Meta, TikTok e X sob fogo cruzado após denúncias de que algoritmos priorizam indignação em detrimento da segurança

Gigantes das redes sociais estão no centro de uma nova crise de imagem e regulação. Ex-funcionários e denunciantes revelaram à BBC que empresas como Meta (dona do Facebook e Instagram) e TikTok permitiram a disseminação de conteúdos nocivos em seus feeds, mesmo cientes de que seus algoritmos priorizavam a indignação para manter o engajamento dos usuários. Segundo os relatos, a busca por lucros e atenção superou protocolos de segurança essenciais para combater a violência, a chantagem sexual e até o terrorismo.

​As revelações indicam que as pesquisas internas dessas companhias já haviam detectado que publicações que geram raiva ou medo têm maior alcance. Em vez de mitigar esses riscos, as plataformas teriam optado por manter o sistema em funcionamento para não prejudicar as métricas de retenção. Um dos casos citados envolve o lançamento do Instagram Reels, que, segundo o ex-funcionário Matt Motyl, chegou ao público sem proteções suficientes contra conteúdos de ódio.

O cenário no Brasil: STF e Ministério da Justiça apertam o cerco

​As novidades sobre o tema ganharam força no Brasil com decisões recentes do Supremo Tribunal Federal (STF). Em junho de 2025, a Corte estabeleceu um marco decisivo para a responsabilização das “Big Techs”. O entendimento atual é de que as plataformas podem ser corresponsáveis por conteúdos criminosos se não agirem rapidamente após denúncias, alterando a lógica anterior do Marco Civil da Internet.

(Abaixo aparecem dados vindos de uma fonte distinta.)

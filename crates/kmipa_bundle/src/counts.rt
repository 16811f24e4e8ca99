//! How many places of a call are judged.

ghost use Rattle.std.specs.Prelude.{◌≡◌, ◌<◌};
ghost use Rattle.kmipa_bundle.specs.Counts.{counted, counts_of, no_counts, total};

use crate::ruling::Ruling;

/// How many places of a call are judged, and how many aren't, by the first reason of each.
#[derive(Clone, Copy, PartialEq, Eq)]
pub struct Counts {
    /// Their requests aren't judged, or ask for no operation that is.
    pub by_request: usize,
    /// Their answers aren't.
    pub by_answer: usize,
    /// The witness sets them aside.
    pub by_witness: usize,
    /// They are about what is set aside, or nobody can tell about what.
    pub by_object: usize,
    /// They are judged.
    pub judged: usize,
}

impl Counts {
    /// None yet.
    pub(crate) fn new() -> Counts
        ensures { counts_of result ≡ no_counts }
    {
        Counts {
            by_request: 0,
            by_answer: 0,
            by_witness: 0,
            by_object: 0,
            judged: 0,
        }
    }

    /// One more.
    pub(crate) fn add(self, ruling: Ruling) -> Counts
        requires { total (counts_of self) < usize.MAX }
        ensures { counts_of result ≡ counted ruling (counts_of self) }
    {
        let mut counts = self;
        match ruling {
            Ruling::ByRequest => counts.by_request += 1,
            Ruling::ByAnswer => counts.by_answer += 1,
            Ruling::ByWitness => counts.by_witness += 1,
            Ruling::ByObject => counts.by_object += 1,
            Ruling::Judged => counts.judged += 1,
        }
        counts
    }
}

​Além disso, o Ministério da Justiça e Segurança Pública (MJSP) notificou o TikTok em março de 2026, exigindo explicações sobre tendências (trends) que incentivam a violência contra a mulher. A pasta deu um prazo de cinco dias para que a empresa detalhasse como seus sistemas automatizados detectam e removem conteúdos misóginos e como o algoritmo de recomendação é controlado para evitar a viralização de crimes.

Impactos na saúde mental e segurança pública

​Especialistas e órgãos internacionais, como a Unesco, alertam que a desinformação e o conteúdo tóxico são os principais riscos globais para os próximos anos. O modelo de negócio, descrito pelo ministro Alexandre de Moraes como “perverso”, transforma o ódio em um ativo financeiro: quanto mais tempo o usuário permanece indignado, mais anúncios consome e mais dados gera para as empresas.

​No campo da saúde mental, estudos publicados em 2024 e 2025 reforçam a conexão entre o uso excessivo dessas redes e o aumento de casos de ansiedade, depressão e radicalização de jovens. Relatos colhidos pela investigação da BBC mostram usuários que se sentiram “radicalizados pelo algoritmo” desde a adolescência, sendo expostos a visões extremistas que alimentavam uma sensação constante de raiva e dessensibilização à violência real.

​As empresas, por sua vez, defendem-se afirmando que investem bilhões de dólares em segurança e moderação de conteúdo. Entretanto, a pressão por regulamentações mais rígidas — como o PL das Fake News e normas globais da União Europeia — continua a crescer, sinalizando que a era da autorregulação das redes sociais pode estar chegando ao fim.